Après sa victoire à la partielle du N°8, il rappelle avoir dit sa reconnaissance envers, notamment, l'électorat travailliste, qui l'avait soutenu. "Contrairement à Bérenger qui, lui, ne fait que de se servir des gens, je sais, quant à moi, me montrer reconnaissant envers ceux qui m'ont aidé." Aussi, Pravind Jugnauth réitère que toutes ses options politiques demeurent "ouvertes" sauf vis-à-vis du MMM. "Comme pour le N°8, dit-il, aux prochaines élections générales, notre adversaire direct sera Paul Bérenger et le MMM."

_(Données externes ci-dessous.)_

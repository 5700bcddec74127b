//! What a refusal tells, and what to do next.

use crate::refusal::{Cause, Change, Refusal, WalkFault};
use nfs3_types::{Failure, FileType, Procedure};
use std::fmt;

impl Change {
    fn words(self) -> &'static str {
        match self {
            Change::Handle => "its handle",
            Change::Kind => "its type",
            Change::FileId => "its fileid",
            Change::Size => "its size",
            Change::ModifyTime => "its mtime",
            Change::ChangeTime => "its ctime",
        }
    }
}

/// The procedures that a walk asks, by the RFC's names.
fn procedure_words(procedure: Procedure) -> &'static str {
    match procedure {
        Procedure::GetAttr => "GETATTR",
        Procedure::Lookup => "LOOKUP",
        Procedure::ReadLink => "READLINK",
        Procedure::Read => "READ",
        Procedure::ReadDir => "READDIR",
        Procedure::ReadDirPlus => "READDIRPLUS",
        _ => "a call",
    }
}

/// What can't stand in a start.
fn special_words(file_type: FileType) -> &'static str {
    match file_type {
        FileType::Socket => "a socket",
        FileType::Fifo => "a named pipe",
        FileType::BlockDevice => "a block device",
        FileType::CharacterDevice => "a character device",
        _ => "no file, directory or link",
    }
}

/// What to do about a failed call.
fn failure_advice(failure: Failure) -> &'static str {
    match failure {
        Failure::Access | Failure::NotOwner => {
            "the server refuses access: run as root, and export with no_root_squash (and insecure, for ports above 1023)"
        }
        Failure::Jukebox => "the server needs more time (NFS3ERR_JUKEBOX): run again later",
        Failure::InputOutput => {
            "the server had a hard error (NFS3ERR_IO): look at its disk and its log"
        }
        Failure::Stale | Failure::NoEntry | Failure::BadCookie => {
            "it changed while it was walked: let nothing else use the export, and run again"
        }
        _ => "look at the server's log, and run again",
    }
}

impl Refusal {
    /// What is refused of the objects.
    fn write_object<W: fmt::Write>(&self, f: &mut fmt::Formatter<W>) -> fmt::Result {
        let path = self.path.as_str();
        match self.cause {
            Cause::Special(file_type) => write!(
                f,
                "{path}: is {}, which no start can hold: remove it from the export",
                special_words(file_type)
            ),
            Cause::TwoNames => write!(
                f,
                "{path}: is the same object as {}: give the export one name for each",
                self.others.as_str()
            ),
            Cause::Linked(links) => write!(
                f,
                "{path}: has {links} names (hard links): give the export one name for each"
            ),
            Cause::TooMany => write!(
                f,
                "{path}: with this directory there are over 1000000 objects: export fewer"
            ),
            Cause::NameTooLong => write!(
                f,
                "{path}: has a name of over 1048576 bytes: remove it from the export"
            ),
            Cause::FileTooLarge(size) => write!(
                f,
                "{path}: has {size} bytes, over the 16777216 of a start: remove it from the export"
            ),
            Cause::TextTooLong => write!(
                f,
                "{path}: is a link with a text of over 1048576 bytes: remove it from the export"
            ),
            Cause::OtherFileSystem => write!(
                f,
                "{path}: lies on another file system than the root: unmount it, or export that one"
            ),
            _ => self.write_reply(f),
        }
    }

    /// What is refused of the replies.
    fn write_reply<W: fmt::Write>(&self, f: &mut fmt::Formatter<W>) -> fmt::Result {
        let path = self.path.as_str();
        match self.cause {
            Cause::Failed(failure, procedure) => write!(
                f,
                "{path}: {} failed with status {}: {}",
                procedure_words(procedure),
                failure.number(),
                failure_advice(failure)
            ),
            Cause::ListedTwice => write!(f, "{path}: is listed twice: the server's list is wrong"),
            Cause::NoName => write!(
                f,
                "{path}: lists a name of no bytes: the server's list is wrong"
            ),
            Cause::EmptyPage => write!(
                f,
                "{path}: a page of its list has no entry and isn't the last: the server's list is wrong"
            ),
            Cause::NoBytes => write!(
                f,
                "{path}: a READ ahead of its end gives no byte: the server's reply is wrong"
            ),
            Cause::TooManyBytes => write!(
                f,
                "{path}: a READ gives more bytes than it was asked for: the server's reply is wrong"
            ),
            Cause::WrongCount => write!(
                f,
                "{path}: a READ tells another count than that of its bytes: the server's reply is wrong"
            ),
            _ => write!(
                f,
                "{path}: the reply is one to another procedure: the server's reply is wrong"
            ),
        }
    }
}

impl fmt::Display for Refusal {
    fn fmt<W: fmt::Write>(&self, f: &mut fmt::Formatter<W>) -> fmt::Result {
        let path = self.path.as_str();
        match self.cause {
            Cause::NotEmpty => write!(
                f,
                "{path}: isn't empty: remove what it holds, or leave out --empty ({})",
                self.others.as_str()
            ),
            Cause::NoDirectory => write!(f, "{path}: is no directory: export one"),
            Cause::Changed(change) => write!(
                f,
                "{path}: {} changed while it was walked: let nothing else use the export, and run again",
                change.words()
            ),
            Cause::NoStart(fault) => write!(f, "{path}: the objects are no start: {fault}"),
            Cause::Unfinished => write!(f, "{path}: the walk isn't at its end"),
            _ => self.write_object(f),
        }
    }
}

impl fmt::Display for WalkFault {
    fn fmt<W: fmt::Write>(&self, f: &mut fmt::Formatter<W>) -> fmt::Result {
        match self {
            WalkFault::Refused(refusal) => write!(f, "{refusal}"),
            WalkFault::NoMemory => f.write_str("out of memory"),
        }
    }
}

impl fmt::Debug for WalkFault {
    fn fmt<W: fmt::Write>(&self, f: &mut fmt::Formatter<W>) -> fmt::Result {
        write!(f, "{self}")
    }
}
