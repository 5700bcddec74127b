//! Why an export is refused, and why a walk ends.

use nfs3_types::{Failure, FileType, Procedure};
use std::alloc::{AllocError, AllocFailed};
use thiserror::Error;
use tree_starts::StartFault;

/// What of an object was told otherwise than before.
#[derive(Clone, Copy, PartialEq, Eq)]
pub enum Change {
    /// Its handle.
    Handle,
    /// Its type.
    Kind,
    /// `fileid`
    FileId,
    /// Its size, or how many bytes a READ found.
    Size,
    /// `mtime`
    ModifyTime,
    /// `ctime`
    ChangeTime,
}

/// Why an export is refused.
#[derive(Clone, Copy, PartialEq, Eq, Drop)]
pub enum Cause {
    /// It had to be empty.
    NotEmpty,
    /// The root is no directory.
    NoDirectory,
    /// An object is no file, directory or link.
    Special(FileType),
    /// Two names lead to one object: the same handle, or the same `fileid`.
    TwoNames,
    /// A file or link has so many names (`nlink`).
    Linked(u32),
    /// There are more objects than a start can have.
    TooMany,
    /// A name of the directory has more bytes than one of a start can have.
    NameTooLong,
    /// A file has so many bytes, more than one of a start can have.
    FileTooLarge(u64),
    /// A link's text has more bytes than one of a start can have.
    TextTooLong,
    /// An object lies on another file system than the root.
    OtherFileSystem,
    /// It changed while it was walked.
    Changed(Change),
    /// The server failed a call.
    Failed(Failure, Procedure),
    /// A directory's list gives a name twice.
    ListedTwice,
    /// A directory's list gives a name of no bytes.
    NoName,
    /// A page of a list has no entry, and isn't the last.
    EmptyPage,
    /// A READ gives no byte, and isn't at the end.
    NoBytes,
    /// A READ gives more bytes than it was asked for.
    TooManyBytes,
    /// A READ tells another count than that of its bytes.
    WrongCount,
    /// The reply is one to another procedure.
    WrongReply,
    /// The objects are no start.
    NoStart(StartFault),
    /// The walk isn't at its end, or its own account of its replies is wrong.
    Unfinished,
}

/// An export that is refused.
#[derive(Drop)]
pub struct Refusal {
    /// Why.
    pub cause: Cause,
    /// The path of what it is about, from the root on. A byte that isn't printed is two hexadecimal digits behind `\x`.
    pub path: String,
    /// Where two names lead to one object, the other path; where the export had to be empty, the first names in it.
    pub others: String,
}

/// Why a walk ends without a start.
#[derive(Drop, Error)]
pub enum WalkFault {
    /// The export is refused.
    Refused(Refusal),
    /// Memory ran out.
    NoMemory,
}

/// What a refusal is about.
#[derive(Clone, Copy)]
pub(crate) enum Spot {
    /// The object of an account.
    Account(usize),
    /// A name of the list that is read.
    Entry(usize),
}

/// Why an explorer stops, before its path is written.
#[derive(Clone, Copy)]
pub(crate) enum Stop {
    Refused {
        cause: Cause,
        spot: Spot,
        /// The account of the other name.
        other: Option<usize>,
    },
    NoMemory,
}

impl Stop {
    /// A refusal of this.
    pub(crate) fn at(cause: Cause, spot: Spot) -> Stop {
        Stop::Refused {
            cause,
            spot,
            other: None,
        }
    }
}

impl From<AllocError> for Stop {
    fn from(_error: AllocError) -> Stop {
        Stop::NoMemory
    }
}

impl<T: Drop> From<AllocFailed<T>> for Stop {
    fn from(_error: AllocFailed<T>) -> Stop {
        Stop::NoMemory
    }
}

impl From<AllocError> for WalkFault {
    fn from(_error: AllocError) -> WalkFault {
        WalkFault::NoMemory
    }
}

impl<T: Drop> From<AllocFailed<T>> for WalkFault {
    fn from(_error: AllocFailed<T>) -> WalkFault {
        WalkFault::NoMemory
    }
}
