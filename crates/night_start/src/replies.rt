//! What stands behind `NFS3_OK`.

use nfs3_types::{
    Answer, DirectoryEntry, DirectoryEntryPlus, FileAttributes, LookupSuccess, NfsReply,
    ReadLinkSuccess, ReadSuccess,
};

fn done<S, F>(answer: &Answer<S, F>) -> Option<&S> {
    match answer {
        Answer::Done(success) => Some(success),
        Answer::Failed(_, _) => None,
    }
}

pub(crate) fn attributes_told(reply: &NfsReply) -> Option<FileAttributes> {
    match reply {
        NfsReply::GetAttr(answer) => match done(answer) {
            Some(attributes) => Some(**attributes),
            None => None,
        },
        _ => None,
    }
}

pub(crate) fn lookup_told(reply: &NfsReply) -> Option<&LookupSuccess> {
    match reply {
        NfsReply::Lookup(answer) => match done(answer) {
            Some(success) => Some(&**success),
            None => None,
        },
        _ => None,
    }
}

pub(crate) fn bytes_told(reply: &NfsReply) -> Option<&ReadSuccess> {
    match reply {
        NfsReply::Read(answer) => done(answer),
        _ => None,
    }
}

pub(crate) fn text_told(reply: &NfsReply) -> Option<&ReadLinkSuccess> {
    match reply {
        NfsReply::ReadLink(answer) => done(answer),
        _ => None,
    }
}

pub(crate) fn entries_told(reply: &NfsReply) -> Option<&[DirectoryEntry]> {
    match reply {
        NfsReply::ReadDir(answer) => match done(answer) {
            Some(success) => Some(success.entries.as_slice()),
            None => None,
        },
        _ => None,
    }
}

pub(crate) fn entries_plus_told(reply: &NfsReply) -> Option<&[DirectoryEntryPlus]> {
    match reply {
        NfsReply::ReadDirPlus(answer) => match done(answer) {
            Some(success) => Some(success.entries.as_slice()),
            None => None,
        },
        _ => None,
    }
}
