//! The call that a walk asks next.

ghost use Rattle.std.specs.Prelude.{◌≡◌, IfOk, IfSome, false};
ghost use Rattle.nfs3_types.specs.Procedures.{changes_the_tree, procedure_called};

use crate::explorer::{Explorer, Step};
use nfs3_types::{
    DirectoryName, FileHandle, NfsCall, ReadArguments, ReadDirArguments, ReadDirPlusArguments,
};
use std::alloc::AllocError;
use walk_accounts::Cursor;

impl Explorer {
    /// The handle of an object.
    fn handle(&self, number: usize) -> Result<Option<FileHandle>, AllocError> {
        match self.known.accounts.get(number) {
            Some(account) => Ok(Some(account.handle.clone()?)),
            None => Ok(None),
        }
    }

    /// GETATTR of an object.
    fn ask_attributes(&self, number: usize) -> Result<Option<NfsCall>, AllocError>
        ensures { IfOk result (λ next. IfSome next (λ call. changes_the_tree (procedure_called call) ≡ false)) }
    {
        match self.handle(number)? {
            Some(handle) => Ok(Some(NfsCall::GetAttr(handle))),
            None => Ok(None),
        }
    }

    /// READLINK of a link.
    fn ask_text(&self, number: usize) -> Result<Option<NfsCall>, AllocError>
        ensures { IfOk result (λ next. IfSome next (λ call. changes_the_tree (procedure_called call) ≡ false)) }
    {
        match self.handle(number)? {
            Some(handle) => Ok(Some(NfsCall::ReadLink(handle))),
            None => Ok(None),
        }
    }

    /// READ of a file.
    fn ask_bytes(&self, number: usize, offset: u64) -> Result<Option<NfsCall>, AllocError>
        ensures { IfOk result (λ next. IfSome next (λ call. changes_the_tree (procedure_called call) ≡ false)) }
    {
        match self.handle(number)? {
            Some(file) => Ok(Some(NfsCall::Read(ReadArguments {
                file,
                offset,
                count: self.settings.piece,
            }))),
            None => Ok(None),
        }
    }

    /// A page of a directory's list.
    fn ask_page(&self, number: usize, cursor: Cursor) -> Result<Option<NfsCall>, AllocError>
        ensures { IfOk result (λ next. IfSome next (λ call. changes_the_tree (procedure_called call) ≡ false)) }
    {
        let Some(directory) = self.handle(number)? else {
            return Ok(None);
        };
        let Cursor { cookie, verifier } = cursor;
        let count = self.settings.page;
        if self.has_plus {
            Ok(Some(NfsCall::ReadDirPlus(ReadDirPlusArguments {
                directory,
                cookie,
                verifier,
                directory_count: count,
                whole_count: count,
            })))
        } else {
            Ok(Some(NfsCall::ReadDir(ReadDirArguments {
                directory,
                cookie,
                verifier,
                count,
            })))
        }
    }

    /// LOOKUP of the first name of the list that has no account.
    fn ask_name(&self, number: usize) -> Result<Option<NfsCall>, AllocError>
        ensures { IfOk result (λ next. IfSome next (λ call. changes_the_tree (procedure_called call) ≡ false)) }
    {
        let (Some(directory), Some(entry)) = (self.handle(number)?, self.list.next()) else {
            return Ok(None);
        };
        Ok(Some(NfsCall::Lookup(DirectoryName {
            directory,
            name: entry.name.clone()?,
        })))
    }

    /// GETATTR of the object of that name.
    fn ask_entry(&self) -> Result<Option<NfsCall>, AllocError>
        ensures { IfOk result (λ next. IfSome next (λ call. changes_the_tree (procedure_called call) ≡ false)) }
    {
        let Some(entry) = self.list.next() else {
            return Ok(None);
        };
        match &entry.handle {
            Some(handle) => Ok(Some(NfsCall::GetAttr(handle.clone()?))),
            None => Ok(None),
        }
    }

    /// What is asked next; nothing at the end.
    pub(crate) fn next(&self) -> Result<Option<NfsCall>, AllocError>
        ensures { IfOk result (λ next. IfSome next (λ call. changes_the_tree (procedure_called call) ≡ false)) }
    {
        match self.step {
            Step::Root => self.ask_attributes(0),
            Step::Page {
                number,
                cursor,
                from: _,
            } => self.ask_page(number, cursor),
            Step::LookUp { number } => self.ask_name(number),
            Step::Attributes { number: _ } => self.ask_entry(),
            Step::Read {
                number,
                offset,
                from: _,
            } => self.ask_bytes(number, offset),
            Step::Text { number } => self.ask_text(number),
            Step::Again { number } => self.ask_attributes(number),
            Step::Done => Ok(None),
        }
    }
}
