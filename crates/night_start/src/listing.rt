//! The list of a directory that is being read.

use indexmap::IndexMap;
use nfs3_types::{FileAttributes, FileHandle, Name};
use std::alloc::{AllocError, Global};

/// A name of a list, with what was told of its object so far.
#[derive(Drop)]
pub(crate) struct Entry {
    pub(crate) name: Name,
    pub(crate) handle: Option<FileHandle>,
    pub(crate) attributes: Option<FileAttributes>,
    /// The exchange that gave the handle, and the entry of it.
    pub(crate) named_by: usize,
    pub(crate) index: usize,
    /// A LOOKUP was asked of it.
    pub(crate) is_looked_up: bool,
}

/// The names of a directory's list, in its order.
pub(crate) struct List {
    /// All of them, `.` and `..` too.
    names: IndexMap<Vec<u8>, ()>,
    /// Those that are objects.
    pub(crate) entries: Vec<Entry>,
    /// How many of these have an account.
    pub(crate) settled: usize,
}

impl Drop for List {
    fn drop(self) {
        let List {
            names,
            entries,
            settled: _,
        } = self;
        drop(names);
        drop(entries);
    }
}

impl List {
    pub(crate) fn new(alloc: Global) -> List {
        List {
            names: IndexMap::new(alloc),
            entries: Vec::new(alloc),
            settled: 0,
        }
    }

    /// Whether the list gave this name before; it did from now on.
    pub(crate) fn gave(&mut self, alloc: Global, name: &[u8]) -> Result<bool, AllocError> {
        if self.names.contains_key(name) {
            return Ok(true);
        }
        let key = Vec::from_slice(alloc, name)?;
        self.names.insert(key, ())?;
        Ok(false)
    }

    /// The first name that has no account yet.
    pub(crate) fn next(&self) -> Option<&Entry> {
        self.entries.get(self.settled)
    }

    /// The same, to be changed.
    pub(crate) fn next_mut(&mut self) -> Option<&mut Entry> {
        self.entries.get_mut(self.settled)
    }
}
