//! The objects that were found.

use crate::refusal::{Cause, Change, Spot, Stop};
use indexmap::IndexMap;
use nfs3_types::{FILE_LIMIT, FileAttributes, FileHandle, Time};
use std::alloc::{AllocError, Global};
use tree_starts::TEXT_LIMIT;
use walk_accounts::{Account, Kind};

/// The objects that were found, with the attributes that were told of each first. They are looked up by handle and by `fileid`.
pub(crate) struct Known {
    /// The root's is the first.
    pub(crate) accounts: Vec<Account>,
    /// Of the accounts, in their order.
    first: Vec<FileAttributes>,
    handles: IndexMap<Vec<u8>, usize>,
    files: IndexMap<u64, usize>,
}

impl Drop for Known {
    fn drop(self) {
        let Known {
            accounts,
            first,
            handles,
            files,
        } = self;
        drop(accounts);
        drop(first);
        drop(handles);
        drop(files);
    }
}

fn is_same_time(one: Time, other: Time) -> bool {
    one.seconds == other.seconds && one.nanoseconds == other.nanoseconds
}

/// What was told otherwise.
pub(crate) fn change_of(first: &FileAttributes, last: &FileAttributes) -> Option<Change> {
    if first.file_type != last.file_type {
        Some(Change::Kind)
    } else if first.file_number != last.file_number || first.file_system != last.file_system {
        Some(Change::FileId)
    } else if first.size != last.size {
        Some(Change::Size)
    } else if !is_same_time(first.modify_time, last.modify_time) {
        Some(Change::ModifyTime)
    } else if !is_same_time(first.change_time, last.change_time) {
        Some(Change::ChangeTime)
    } else {
        None
    }
}

/// The kind of an object that a start can hold, by its attributes.
fn kind_told(attributes: &FileAttributes) -> Result<Kind, Cause> {
    let Some(kind) = Kind::of(attributes.file_type) else {
        return Err(Cause::Special(attributes.file_type));
    };
    if kind != Kind::Directory && attributes.link_count > 1 {
        return Err(Cause::Linked(attributes.link_count));
    }
    match kind {
        Kind::File if attributes.size > FILE_LIMIT => Err(Cause::FileTooLarge(attributes.size)),
        Kind::Link if attributes.size > TEXT_LIMIT as u64 => Err(Cause::TextTooLong),
        _ => Ok(kind),
    }
}

impl Known {
    pub(crate) fn new(alloc: Global) -> Known {
        Known {
            accounts: Vec::new(alloc),
            first: Vec::new(alloc),
            handles: IndexMap::new(alloc),
            files: IndexMap::new(alloc),
        }
    }

    /// The account whose object has this handle, or this `fileid`.
    pub(crate) fn same(&self, handle: &[u8], file_number: u64) -> Option<usize> {
        if let Some(number) = self.handles.get(handle) {
            return Some(*number);
        }
        match self.files.get(&file_number) {
            Some(number) => Some(*number),
            None => None,
        }
    }

    /// Takes in the attributes that were told first of the last account.
    pub(crate) fn note(
        &mut self,
        alloc: Global,
        handle: &FileHandle,
        attributes: &FileAttributes,
    ) -> Result<(), AllocError> {
        let number = self.first.len();
        let key = Vec::from_slice(alloc, handle.as_slice())?;
        self.handles.insert(key, number)?;
        self.files.insert(attributes.file_number, number)?;
        self.first.push(*attributes)?;
        Ok(())
    }

    /// What an object is that was told of now, if the export isn't to be refused for it.
    pub(crate) fn judge(
        &self,
        handle: &FileHandle,
        attributes: &FileAttributes,
        spot: Spot,
    ) -> Result<Kind, Stop> {
        if let Some(root) = self.first.first()
            && root.file_system != attributes.file_system
        {
            return Err(Stop::at(Cause::OtherFileSystem, spot));
        }
        if let Some(other) = self.same(handle.as_slice(), attributes.file_number) {
            return Err(Stop::Refused {
                cause: Cause::TwoNames,
                spot,
                other: Some(other),
            });
        }
        match kind_told(attributes) {
            Ok(kind) => Ok(kind),
            Err(cause) => Err(Stop::at(cause, spot)),
        }
    }

    /// What was told first of an object.
    pub(crate) fn first_told(&self, number: usize) -> Option<FileAttributes> {
        match self.first.get(number) {
            Some(attributes) => Some(*attributes),
            None => None,
        }
    }
}
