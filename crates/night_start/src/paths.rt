//! Paths, as they are printed.

use std::alloc::{AllocError, Global};
use walk_accounts::Account;

const DIGITS: &[u8; 16] = b"0123456789abcdef";

/// Whether a byte of a name is printed as it is.
fn is_plain_byte(byte: u8) -> bool {
    byte > b' ' && byte < 127 && byte != b'/' && byte != b'\\'
}

/// Writes a name behind what is there: bytes that aren't printed are two hexadecimal digits behind `\x`.
pub(crate) fn push_name(text: &mut String, name: &[u8]) -> Result<(), AllocError> {
    for byte in name {
        if is_plain_byte(*byte) {
            text.push(char::from(*byte))?;
        } else {
            text.push_str("\\x")?;
            text.push(char::from(DIGITS[(*byte / 16) as usize]))?;
            text.push(char::from(DIGITS[(*byte % 16) as usize]))?;
        }
    }
    Ok(())
}

/// The accounts from this one up to below the root.
fn accounts_above(
    alloc: Global,
    accounts: &[Account],
    number: usize,
) -> Result<Vec<usize>, AllocError> {
    let mut above = Vec::new(alloc);
    let mut place = number;
    for _ in 0..accounts.len() {
        if place == 0 {
            break;
        }
        above.push(place)?;
        place = match accounts.get(place) {
            Some(account) => account.parent as usize,
            None => 0,
        };
    }
    Ok(above)
}

/// The path of an object, from the root on, and of a name in it.
pub(crate) fn path_of(
    alloc: Global,
    accounts: &[Account],
    number: usize,
    name: Option<&[u8]>,
) -> Result<String, AllocError> {
    let above = accounts_above(alloc, accounts, number)?;
    let mut text = String::new(alloc);
    for place in above.iter().rev() {
        if let Some(account) = accounts.get(*place) {
            text.push_str("/")?;
            push_name(&mut text, account.name.as_slice())?;
        }
    }
    if let Some(name) = name {
        text.push_str("/")?;
        push_name(&mut text, name)?;
    }
    if text.is_empty() {
        text.push_str("/")?;
    }
    Ok(text)
}
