//! The walk of an export before a night's first call. Nothing is sent here; a command sends what `Walk::next` gives, hands each reply to
//! `Walk::learn`, and takes the starting objects of its history from `Walk::finish`.
#![tactic(auto)]

mod asking;
mod explorer;
mod faults;
mod known;
mod listing;
mod pages;
mod paths;
mod refusal;
mod replies;
mod settings;
mod walk;
mod words;

pub use refusal::{Cause, Change, Refusal, WalkFault};
pub use settings::Settings;
pub use walk::Walk;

Il assure qu'en tant "qu'opposition responsable", le MSM envisage l'avenir "en toute confiance" et "avec sérénité". "Nous sommes, dit-il, prêts à toute éventualité et, contrairement à Bérenger, je ne suis pas, moi, un mendiant." Il promet de "rassembler" en vue de "la victoire". "Le MSM, assure M. Jugnauth, est un parti d'avenir" et sera, aux prochaines élections, "dans le camp de la victoire." Pour lui, ceux qui affirment qu'il faut d'une alliance PTr-MMM en vue de faire l'unité nationale sous-entendent que ces deux partis sont, tous deux, "des partis sectaires."

Selon lui, ceux qui affirment que le MSM ne vaut rien ne perdent rien pour attendre. "Atann papa ! Pa pressé ! Kifer koumans galoupé avan lékours largué ?" Et d'assurer que "lotri, sé nou ki pou alle toussé !" Alors qu'il prévoit que 2010 sera une année "encore plus difficile", le leader du MSM souligne la nécessité de se doter d'"un gouvernement sérieux qui a la volonté les idées pour travailler." Il affirme, à cet effet, qu'à chaque fois que le MSM a été au gouvernement, le pays a connu l'avancement, le progrès et "le bonheur pour tous."

Pravind Jugnauth assure ne pas être "intéressé par quelque poste ou honneur", mais ne désire que "marquer de son empreinte l'Histoire politique du pays." Selon lui, il y aurait comme une nostalgie de l'ère de sir Anerood Jugnauth. Ce qui lui fait dire que "péna baré, le MSM formera le prochain gouvernement."